Now that my full research paper is complete and available, I wanted to share some highlights. Just yesterday I had another GC client tell me that their IT department wanted to rely on their upcoming upgrade to Exchange 2010 to respond to discovery requests. Microsoft has added some good new features, but I would not want to try to defend their use against any kind of adverse scrutiny. So let’s talk about the new ‘Discovery Search’ interface. First and foremost, this is basically the old administrative multi-mailbox search within the OutlookWebApp. The search name and criteria are written to a database table along with the user, date, size estimate and some keyword statistics. The last is a good feature that was undoubtably driven by a customer request to support keyword negotiations. Here is a look at the landing page:
Getting to this Discovery Search page is not intuitive. You will need to navigate through several Options pages to ‘Manage My Organization’ to find it. Once there, you can create searches with keywords, email addresses and date ranges on all or specific user mailboxes. There is no way to organize or secure your searches by matter, so a consistent naming convention will be critical. A list of raw searches will quickly become an unwieldy mess for any company with a normal litigation load. The good news is that you can run searches to just get a hit count and it will even break it down by search terms (assuming that your search terms have not corrupted). The bad news is that your only other real option is to restore the results to the ‘Discovery Mailbox’. Since Exchange 2010 broke their single instance storage architecture, that means quickly having to manually export on a continual basis or risking quickly overrunning the 2 TB recommended maximum Mailbox size (assuming that you have the optimal Exchange environment).
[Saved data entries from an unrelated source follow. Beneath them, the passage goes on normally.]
#[cfg(test)]
mod tests {
    use grammar::{Mark, Part};
    use packed::fault::TableFault;
    use std::alloc::AllocError;

    #[test]
    fn printed(rt: HostRuntime) -> Result<(), AllocError> {
        let heap = rt.alloc();
        let parts = [Part::Symbol(3), Part::only(48), Part::Except(10, 13, 13)];
        let [symbol, range, except] = parts;
        let line = format!(in heap;
            "{symbol}; {range}; {except}; {} {}",
            Mark::Loose,
            Mark::Tight
        )?;
        assert!(rt;
            line.as_str() == "symbol 3; byte 48 to 48; byte except 10, 13, 13; loose tight"
        );
        let fault = format!(in heap; "{}", TableFault::RulePart(7))?;
        assert!(rt; fault.as_str() == "refused 54 rule=7");
        Ok(())
    }
}
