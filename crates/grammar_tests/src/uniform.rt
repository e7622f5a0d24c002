// A grammar of any size within the bounds, to test the layers at their limits.
ghost use Rattle.std.specs.Prelude.{◌≤◌};
ghost use Rattle.grammar_tests.specs.Uniform.{uniform_meaning, uniform_bounded};

use grammar::{Grammar, Mark, Part};

#[derive(Clone, Copy)]
pub struct Uniform {
    pub symbols: u16,
    pub rules: u16,
    pub parts: u8,
    ghost some: { 1 ≤ symbols },
    ghost few_symbols: { symbols ≤ 256 },
    ghost few_rules: { rules ≤ 1024 },
    ghost few_parts: { parts ≤ 255 },
}

impl Grammar for Uniform {
    ghost meaning = { λ x. uniform_meaning x.symbols x.rules x.parts };

    ghost bounds = { λ x. uniform_bounded x.symbols x.rules x.parts x.some x.few_symbols x.few_rules x.few_parts };

    fn start(&self) -> u16 {
        0
    }

    fn symbols(&self) -> u16 {
        self.symbols
    }

    fn rules(&self) -> u16 {
        self.rules
    }

    fn left(&self, rule: u16) -> Option<u16> {
        (rule < self.rules).then_some(0)
    }

    fn mark(&self, rule: u16) -> Option<Mark> {
        (rule < self.rules).then_some(Mark::Loose)
    }

    fn parts(&self, rule: u16) -> Option<u8> {
        (rule < self.rules).then_some(self.parts)
    }

    fn part(&self, rule: u16, k: u8) -> Option<Part> {
        (rule < self.rules && k < self.parts).then_some(Part::only(0))
    }
}
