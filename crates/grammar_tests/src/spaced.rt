#[cfg(test)]
mod tests {
    use crate::uniform::Uniform;
    use grammar::house::House;
    use grammar::spaced::Spaced;
    use grammar::{Grammar, Mark, Part};

    // 1,022 rules and 255 symbols leave room: the blank symbol is 255, its rules are the last two.
    #[test]
    fn largest_with_room(rt: HostRuntime) {
        let g = Spaced::new(Uniform {
            symbols: 255,
            rules: 1022,
            parts: 2,
        });
        assert!(rt; g.symbols() == 256 && g.rules() == 1024 && g.start() == 0);
        assert!(rt; g.left(1022) == Some(255) && g.left(1023) == Some(255) && g.left(1024) == None);
        assert!(rt; g.mark(1022) == Some(Mark::Tight) && g.mark(1023) == Some(Mark::Tight));
        assert!(rt; g.parts(1022) == Some(0) && g.part(1022, 0) == None);
        assert!(rt; g.parts(1023) == Some(2) && g.part(1023, 2) == None);
        assert!(rt; g.part(1023, 0) == Some(Part::only(32)));
        assert!(rt; g.part(1023, 1) == Some(Part::Symbol(255)));
        assert!(rt; g.part(1021, 1) == Some(Part::Symbol(255)));
    }

    #[test]
    fn a_rule_too_many(rt: HostRuntime) {
        let g = Spaced::new(Uniform {
            symbols: 255,
            rules: 1023,
            parts: 2,
        });
        assert!(rt; g.symbols() == 255 && g.rules() == 1023);
        assert!(rt; g.mark(0) == Some(Mark::Loose) && g.parts(0) == Some(2));
        assert!(rt; g.part(0, 1) == Some(Part::only(0)) && g.left(1023) == None);
    }

    #[test]
    fn a_symbol_too_many(rt: HostRuntime) {
        let g = Spaced::new(Uniform {
            symbols: 256,
            rules: 1022,
            parts: 2,
        });
        assert!(rt; g.symbols() == 256 && g.rules() == 1022);
        assert!(rt; g.mark(0) == Some(Mark::Loose) && g.parts(0) == Some(2));
        assert!(rt; g.left(1022) == None && g.parts(1022) == None);
    }

    #[test]
    fn one_part_gets_no_blank(rt: HostRuntime) {
        let g = Spaced::new(Uniform {
            symbols: 1,
            rules: 1,
            parts: 1,
        });
        assert!(rt; g.mark(0) == Some(Mark::Loose) && g.parts(0) == Some(1));
        assert!(rt; g.part(0, 0) == Some(Part::only(0)) && g.part(0, 1) == None);
    }

    #[test]
    fn two_parts_get_one_blank(rt: HostRuntime) {
        let g = Spaced::new(Uniform {
            symbols: 1,
            rules: 1,
            parts: 2,
        });
        assert!(rt; g.mark(0) == Some(Mark::Tight) && g.parts(0) == Some(3));
        assert!(rt; g.part(0, 0) == Some(Part::only(0)) && g.part(0, 1) == Some(Part::Symbol(1)));
        assert!(rt; g.part(0, 2) == Some(Part::only(0)) && g.part(0, 3) == None);
    }

    #[test]
    fn most_parts_that_get_blanks(rt: HostRuntime) {
        let g = Spaced::new(Uniform {
            symbols: 1,
            rules: 1,
            parts: 128,
        });
        assert!(rt; g.mark(0) == Some(Mark::Tight) && g.parts(0) == Some(255));
        assert!(rt; g.part(0, 253) == Some(Part::Symbol(1)));
        assert!(rt; g.part(0, 254) == Some(Part::only(0)) && g.part(0, 255) == None);
    }

    #[test]
    fn too_many_parts_for_blanks(rt: HostRuntime) {
        let g = Spaced::new(Uniform {
            symbols: 1,
            rules: 1,
            parts: 129,
        });
        assert!(rt; g.mark(0) == Some(Mark::Loose) && g.parts(0) == Some(129));
        assert!(rt; g.part(0, 1) == Some(Part::only(0)) && g.part(0, 128) == Some(Part::only(0)));
    }

    // The blank symbol of the house grammar is 4. It stands neither before a first part nor behind a last one.
    #[test]
    fn house_rules(rt: HostRuntime) {
        let g = Spaced::new(House);
        assert!(rt; g.part(2, 0) == Some(Part::Symbol(2)));
        assert!(rt; g.part(2, 1) == Some(Part::Symbol(4)));
        assert!(rt; g.part(2, 2) == Some(Part::only(b'@')));
        assert!(rt; g.part(2, 3) == Some(Part::Symbol(4)));
        assert!(rt; g.part(2, 4) == Some(Part::Symbol(2)) && g.part(2, 5) == None);
        assert!(rt; g.mark(4) == Some(Mark::Tight) && g.parts(4) == Some(2));
        assert!(rt; g.mark(0) == Some(Mark::Loose) && g.parts(0) == Some(1));
    }

    // The rules that the first layer spread are tight, so the second adds only its own symbol and rules.
    #[test]
    fn twice(rt: HostRuntime) {
        let g = Spaced::new(Spaced::new(House));
        assert!(rt; g.symbols() == 6 && g.rules() == 12);
        assert!(rt; g.parts(2) == Some(5) && g.part(2, 1) == Some(Part::Symbol(4)));
        assert!(rt; g.left(8) == Some(4) && g.left(9) == Some(4));
        assert!(rt; g.left(10) == Some(5) && g.left(11) == Some(5) && g.left(12) == None);
        assert!(rt;
            g.part(11, 0) == Some(Part::only(32)) && g.part(11, 1) == Some(Part::Symbol(5))
        );
    }
}
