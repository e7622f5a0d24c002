// Tests of the grammar layers and of the packed table.
#![tactic(auto)]

mod barred;
mod chosen;
mod packed_table;
mod spaced;
mod text;
pub mod uniform;
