#[cfg(test)]
mod tests {
    use grammar::{Grammar, Mark, Part};
    use packed::Packed;

    // The number and the rule that opening the table is refused with.
    fn refusal(table: &[u8]) -> Option<(u8, u16)> {
        let (_, answer) = Packed::open(table);
        answer.err().map(|fault| (fault.number(), fault.rule()))
    }

    // Four symbols, start 0. Rule 0: symbol 0, loose, the parts symbol 3 and a digit. Rule 1: symbol 1, tight, any byte but 10 and 13.
    fn sample() -> [u8; 136] {
        let mut table = [0; 136];
        table[..4].copy_from_slice(&[0, 4, 0, 2]);
        table[8..20].copy_from_slice(&[0, 0, 1, 2, 1, 0, 0, 3, 2, b'0', b'9', 0]);
        table[72..80].copy_from_slice(&[0, 1, 0, 1, 3, 10, 13, 13]);
        table
    }

    // The sample with one byte changed: where, to what, and the refusal that this must give.
    const CHANGES: [(u8, u8, Option<(u8, u16)>); 30] = [
        (3, 3, Some((51, 0))),
        (3, 1, Some((51, 0))),
        (2, 1, Some((51, 0))),
        (1, 0, Some((52, 0))),
        (0, 1, Some((52, 0))),
        (5, 4, Some((52, 0))),
        (4, 1, Some((52, 0))),
        (6, 1, Some((52, 0))),
        (7, 1, Some((52, 0))),
        (5, 3, None),
        (9, 4, Some((53, 0))),
        (8, 1, Some((53, 0))),
        (10, 2, Some((53, 0))),
        (11, 16, Some((53, 0))),
        (73, 4, Some((53, 1))),
        (74, 2, Some((53, 1))),
        (75, 255, Some((53, 1))),
        (12, 0, Some((54, 0))),
        (12, 4, Some((54, 0))),
        (13, 1, Some((54, 0))),
        (15, 4, Some((54, 0))),
        (14, 1, Some((54, 0))),
        (17, 58, Some((54, 0))),
        (17, 57, None),
        (19, 1, Some((54, 0))),
        (75, 2, Some((54, 1))),
        (75, 0, Some((55, 1))),
        (20, 1, Some((55, 0))),
        (71, 1, Some((55, 0))),
        (135, 1, Some((55, 1))),
    ];

    #[test]
    fn each_refusal(rt: HostRuntime) {
        assert!(rt; refusal(&sample()) == None);
        for (place, value, wanted) in CHANGES {
            let mut table = sample();
            if let Some(byte) = table.get_mut(place as usize) {
                *byte = value;
            }
            assert!(rt; refusal(&table) == wanted);
        }
    }

    #[test]
    fn the_first_rule_concerned(rt: HostRuntime) {
        let mut table = sample();
        table[74] = 2;
        table[71] = 1;
        assert!(rt; refusal(&table) == Some((55, 0)));
    }

    // Shorter than a header; a byte behind it; one byte less than two rules.
    #[test]
    fn lengths(rt: HostRuntime) {
        assert!(rt; refusal(&[]) == Some((51, 0)));
        assert!(rt; refusal(&[0, 1, 0, 0, 0, 0, 0]) == Some((51, 0)));
        assert!(rt; refusal(&[0, 1, 0, 0, 0, 0, 0, 0, 0]) == Some((51, 0)));
        let mut table = [0; 135];
        table[1] = 4;
        table[3] = 2;
        assert!(rt; refusal(&table) == Some((51, 0)));
    }

    #[test]
    fn no_rules_and_most_symbols(rt: HostRuntime) {
        let (g, answer) = Packed::open(&[1, 0, 0, 0, 0, 255, 0, 0]);
        assert!(rt; answer.is_ok());
        assert!(rt; g.symbols() == 256 && g.rules() == 0 && g.start() == 255 && g.left(0) == None);
        assert!(rt; refusal(&[1, 1, 0, 0, 0, 255, 0, 0]) == Some((52, 0)));
    }

    #[test]
    fn a_thousand_rules(rt: HostRuntime) {
        let mut table = [0; 64008];
        table[1] = 1;
        table[2] = 3;
        table[3] = 232;
        let (g, answer) = Packed::open(&table);
        assert!(rt; answer.is_ok());
        assert!(rt; g.rules() == 1000 && g.left(999) == Some(0) && g.left(1000) == None);
        assert!(rt; g.parts(999) == Some(0) && g.part(999, 0) == None);
    }

    #[test]
    fn a_rule_too_many(rt: HostRuntime) {
        let mut table = [0; 64072];
        table[1] = 1;
        table[2] = 3;
        table[3] = 233;
        assert!(rt; refusal(&table) == Some((51, 0)));
    }

    #[test]
    fn the_answers_of_the_sample(rt: HostRuntime) {
        let table = sample();
        let (g, answer) = Packed::open(&table);
        assert!(rt; answer.is_ok());
        assert!(rt; g.symbols() == 4 && g.rules() == 2 && g.start() == 0);
        assert!(rt; g.left(0) == Some(0) && g.left(1) == Some(1) && g.left(2) == None);
        assert!(rt;
            g.mark(0) == Some(Mark::Loose) && g.mark(1) == Some(Mark::Tight) && g.mark(2) == None
        );
        assert!(rt; g.parts(0) == Some(2) && g.parts(1) == Some(1));
        assert!(rt; g.part(0, 0) == Some(Part::Symbol(3)));
        assert!(rt; g.part(0, 1) == Some(Part::Range { low: 48, high: 57 }));
        assert!(rt; g.part(0, 2) == None && g.part(2, 0) == None);
        assert!(rt; g.part(1, 0) == Some(Part::Except(10, 13, 13)));
    }

    #[test]
    fn a_refused_table_opens_as_the_empty_grammar(rt: HostRuntime) {
        let mut table = sample();
        table[135] = 1;
        let (g, answer) = Packed::open(&table);
        assert!(rt; answer.is_err());
        assert!(rt; g.symbols() == 1 && g.rules() == 0 && g.start() == 0);
        assert!(rt;
            g.left(0) == None && g.mark(0) == None && g.parts(0) == None && g.part(0, 0) == None
        );
    }
}
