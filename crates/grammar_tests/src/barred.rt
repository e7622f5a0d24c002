#[cfg(test)]
mod tests {
    use grammar::barred::{BarRefusal, Barred};
    use grammar::house::House;
    use grammar::spaced::Spaced;
    use grammar::{Grammar, Mark, Part};

    // The number of a refusal.
    fn number(answer: Result<(), BarRefusal>) -> Option<u8> {
        answer.err().map(|refusal| refusal.number())
    }

    #[test]
    fn a_barred_rule_is_a_gap(rt: HostRuntime) {
        let mut g = Barred::new(House);
        assert!(rt; g.left(2) == Some(1));
        assert!(rt; number(g.bar(2)) == None);
        assert!(rt;
            g.left(2) == None && g.mark(2) == None && g.parts(2) == None && g.part(2, 0) == None
        );
        assert!(rt;
            g.left(1) == Some(0) && g.part(3, 0) == Some(Part::Range { low: 48, high: 57 })
        );
        assert!(rt; g.rules() == 8 && g.symbols() == 4 && g.start() == 0);
    }

    #[test]
    fn numbers_from_1024_on_are_refused(rt: HostRuntime) {
        let mut g = Barred::new(House);
        assert!(rt; number(g.bar(1023)) == None);
        assert!(rt; number(g.bar(1024)) == Some(56));
        assert!(rt; number(g.bar(65535)) == Some(56));
        assert!(rt; g.left(0) == Some(0) && g.mark(7) == Some(Mark::Tight));
    }

    // Barring the blank's rules over Spaced leaves the blanks where they are.
    #[test]
    fn over_spaced(rt: HostRuntime) {
        let mut g = Barred::new(Spaced::new(House));
        assert!(rt; number(g.bar(9)) == None);
        assert!(rt; g.left(9) == None && g.left(8) == Some(4) && g.rules() == 10);
        assert!(rt; g.part(2, 1) == Some(Part::Symbol(4)));
    }

    // A rule barred below is a gap above, and the blank's rules keep their numbers.
    #[test]
    fn under_spaced(rt: HostRuntime) {
        let mut below = Barred::new(House);
        assert!(rt; number(below.bar(2)) == None);
        let g = Spaced::new(below);
        assert!(rt; g.left(2) == None && g.parts(2) == None && g.part(2, 1) == None);
        assert!(rt; g.part(1, 1) == Some(Part::Symbol(4)));
        assert!(rt; g.left(8) == Some(4) && g.parts(9) == Some(2) && g.rules() == 10);
    }
}
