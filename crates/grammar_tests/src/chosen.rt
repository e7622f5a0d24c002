#[cfg(test)]
mod tests {
    use grammar::Grammar;
    use grammar::blanks::Blanks;
    use grammar::house::House;
    use packed::{Packed, base};

    #[test]
    fn with_blanks_or_without(rt: HostRuntime) {
        let with = Blanks::new(House, true);
        assert!(rt; with.rules() == 10 && with.symbols() == 5 && with.left(9) == Some(4));
        let without = Blanks::new(House, false);
        assert!(rt; without.rules() == 8 && without.symbols() == 4 && without.left(9) == None);
    }

    #[test]
    fn no_bytes_stand_for_the_house_grammar(rt: HostRuntime) {
        let opened = base::open(&[]);
        assert!(rt; opened.is_ok());
        if let Ok(grammar) = opened {
            assert!(rt; grammar.rules() == 8 && grammar.symbols() == 4 && grammar.start() == 0);
        }
    }

    #[test]
    fn other_bytes_are_a_table(rt: HostRuntime) {
        let table = [0, 7, 0, 0, 0, 3, 0, 0];
        let opened = base::open(&table);
        assert!(rt; opened.is_ok());
        if let Ok(grammar) = opened {
            assert!(rt; grammar.rules() == 0 && grammar.symbols() == 7 && grammar.start() == 3);
        }
        assert!(rt; base::open(&[0]).is_err());
    }

    #[test]
    fn a_table_is_tried(rt: HostRuntime) {
        let opened = Packed::try_from(&[0, 7, 0, 0, 0, 3, 0, 0][..]);
        assert!(rt; opened.is_ok());
        let refused = Packed::try_from(&[0, 7, 0, 0, 0, 7, 0, 0][..]);
        assert!(rt; refused.is_err());
    }
}
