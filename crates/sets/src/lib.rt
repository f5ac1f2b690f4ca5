// Sets of numbers below 64, one bit for each: the tests and the walk over the elements that everything above uses.
#![tactic(auto)]

ghost use Rattle.std.specs.Prelude.{◌≡◌, ◌≢◌, ◌||◌, ◌<◌, ◌≤◌, ◌^◌, eqb, leb, length};
ghost use Rattle.sets.specs.Lists.{below};
ghost use Rattle.sets.specs.Bits.{member, members, with, set_of};
ghost use Rattle.sets.specs.Walk.{Takes};
ghost use Rattle.sets.specs.Elements.{left_in, NextTaken};
ghost use Rattle.std.specs.Iterator.{YieldsFirst, item_count};

// Whether i is an element of the set x.
pub fn has(x: u64, i: u32) -> bool
    requires { i < 64 }
    ensures { result ≡ member x i }
{
    (x >> i) % 2 == 1
}

// The set x with the element i.
pub fn with(x: u64, i: u32) -> u64
    requires { i < 64 }
    ensures { result ≡ with i x }
{
    (1u64 << i) | x
}

// The set of all numbers below k.
pub fn below(k: u32) -> u64
    requires { k ≤ 64 }
    ensures { result ≡ set_of (below k) }
{
    if k == 64 {
        return u64::MAX;
    }
    (1u64 << k) - 1
}

// T1: takes the lowest element out of a set that is not empty, and leaves the others. Whoever goes over a set takes by this, again and
// again.
pub fn take_lowest(left: &mut u64) -> u32
    requires { left.old ≢ 0 }
    ensures { Takes left.old result left.new }
{
    let lowest = u64::trailing_zeros(*left);
    *left = *left & (*left - 1);
    lowest
}

// T2: the elements of a set that are still to come, the lowest first.
#[derive(Clone, Copy)]
pub struct Elements {
    left: u64,
}

impl Elements {
    // The elements of the set x.
    pub fn of(x: u64) -> Elements
        ensures { result.left ≡ x }
    {
        Elements { left: x }
    }
}

impl Iterator for Elements {
    type Item = u32;

    ghost next_gives = { NextTaken };

    ghost remaining = { item_count left_in };

    fn next(&mut self) -> Option<u32> {
        if self.left == 0 {
            return None;
        }
        Some(take_lowest(&mut self.left))
    }
}

// How many elements the set has.
pub fn count(x: u64) -> u32
    ensures { (result ≡ length (members x)) × (result ≤ 64) }
{
    u64::count_ones(x)
}

// Whether the set x is empty or has an element at or above k.
pub fn misses(x: u64, k: u64) -> bool
    requires { k ≤ 64 }
    ensures { result ≡ (eqb x 0 || leb (2 ^ k) x) }
{
    if x == 0 {
        return true;
    }
    if k == 64 {
        return false;
    }
    (x >> k) != 0
}
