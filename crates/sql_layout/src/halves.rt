//! Laws of chains in halves, each the contract of a function that does nothing: a proof that needs one calls it.

ghost use Rattle.std.specs.Prelude.{◌≡◌, ◌≤◌, ◌+◌, ◌*◌, ◌^◌, ℕ, true, List, Option, encode_utf8_all};
ghost use Rattle.std.specs.Str.{all_scalars};
ghost use Rattle.event_schema.specs.declared.schema.Field.{Field};
ghost use Rattle.event_schema.specs.declared.schema.Schema.{Schema};
ghost use Rattle.event_schema.specs.declared.value.Value.{Value};
ghost use Rattle.sql_lang.specs.Grammar.{Ors, Ands};
ghost use Rattle.sql_lang.specs.Expression.{or_expr, and_expr, depth};
ghost use Rattle.sql_lang.specs.Meaning.{sql_value};
ghost use Rattle.sql_lang.specs.Reading.{Reads};
ghost use Rattle.sql_layout.specs.Trees.{Tree, EachLeaf, IsSound, tree_value};
ghost use Rattle.sql_layout.specs.Halves.{or_count, and_count, halved_ors, halved_ands, ShallowOrs, ShallowAnds};
ghost use Rattle.sql_layout.specs.HalvedTrees.{layout, layout_text, fine_or};

use crate::laws::written_is_read;

/// A chain in halves has the chain's value for every row.
pub fn halves_mean_the_same()
    ensures ors { (fields : List Field) (o : Ors) (row : List (Option Value))
        → sql_value (or_expr fields (halved_ors o)) row ≡ sql_value (or_expr fields o) row }
    ensures ands { (fields : List Field) (a : Ands) (row : List (Option Value))
        → sql_value (and_expr fields (halved_ands a)) row ≡ sql_value (and_expr fields a) row }
{}

/// A chain of k parts in halves, each part at most d deep, is at most d + 63 + h deep, where k is at most 64 * 2^h.
pub fn halves_are_shallow()
    ensures ors { (fields : List Field) (d h : ℕ) (o : Ors) → ShallowOrs fields d o → or_count o ≤ 64 * 2 ^ h
        → depth (or_expr fields (halved_ors o)) ≤ d + 63 + h }
    ensures ands { (fields : List Field) (d h : ℕ) (a : Ands) → ShallowAnds fields d a → and_count a ≤ 64 * 2 ^ h
        → depth (and_expr fields (halved_ands a)) ≤ d + 63 + h }
{}

/// The text of a tree whose leaves are sound, with its long chains in halves, is read as that layout.
pub fn halved_layout_is_read()
    ensures { (schema : Schema) (t : Tree) → all_scalars schema.table ≡ true → EachLeaf (IsSound schema.fields) t
        → Reads schema (encode_utf8_all (layout_text schema.table t)) (or_expr schema.fields (layout t)) }
{
    written_is_read();
}

/// The layout of a tree with its long chains in halves has the tree's value for every row.
pub fn halved_layout_means_tree()
    ensures { (fields : List Field) (t : Tree) (row : List (Option Value))
        → sql_value (or_expr fields (layout t)) row ≡ tree_value fields row t }
{}

/// No pair of parentheses in the layout of a tree with its long chains in halves is needless, but for those around halves.
pub fn halved_layout_is_fine()
    ensures { (t : Tree) → fine_or (layout t) ≡ true }
{}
Exchange and Outlook are not designed to handle potential evidence. I have seen the damage that can occur when an eager legal-eagle attaches the critical PST and starts sorting through email. Just moving the items into a new mailbox can change dates, owner and IDs. Restored search results had changed Creator, Last Modified By, PR_Creation_Time and other properties. This is no way to handle evidence. Just touching an email can change the Read/Unread status, but you don’t need to worry about that, as we experienced odd Read/Unread behavior on restored results anyway.
Although Microsoft broke SIS in Exchange 2010, they added in an email deduplication feature when restoring your search results. Unfortunately, deduplicated results are dumped into a single folder with no ability to reconstruct their source, folder location or to account for the theoretical duplicates that were discarded. I have worked with the EDRM Enron Data Set Ver. 1 while testing a wide variety of archiving and discovery software. The early tests seemed to show a much larger deduplication of search results than expected. The EDRM Enron email has a large number of text artifacts/defects that have changed emails that were exact duplicates into ‘near duplicates’. In order to test for what Exchange is categorizing as an exact duplicate, a PST was created using a set of 8 original emails. Copies of these emails were placed in folders and altered or acted upon in ways that would result in changes to MAPI and content. This PST was ingested, searched and then restored with deduplication enabled. The deduplication function suppressed 30% of the altered emails that were arguably unique and it seemed to randomly reset the Read/Unread status. It ignored any forward or reply information, although the detail log report did retain category and action flags that were stripped from the results.
I could and did go on at length (85 pages to be exact) with everything we found. Technology that is perfectly appropriate for ordinary business usage is just not built to meet the requirements of civil discovery. We submitted our draft findings to Microsoft and got some good feedback on changes in the final SP1 release. We incorporated their feedback into the report, even when we could not find any documentation or online confirmation to back up their assertions. Exchange 2010 is a definite step in the right direction, but we did not find it to be a suitable replacement for existing, mature archiving and discovery technology.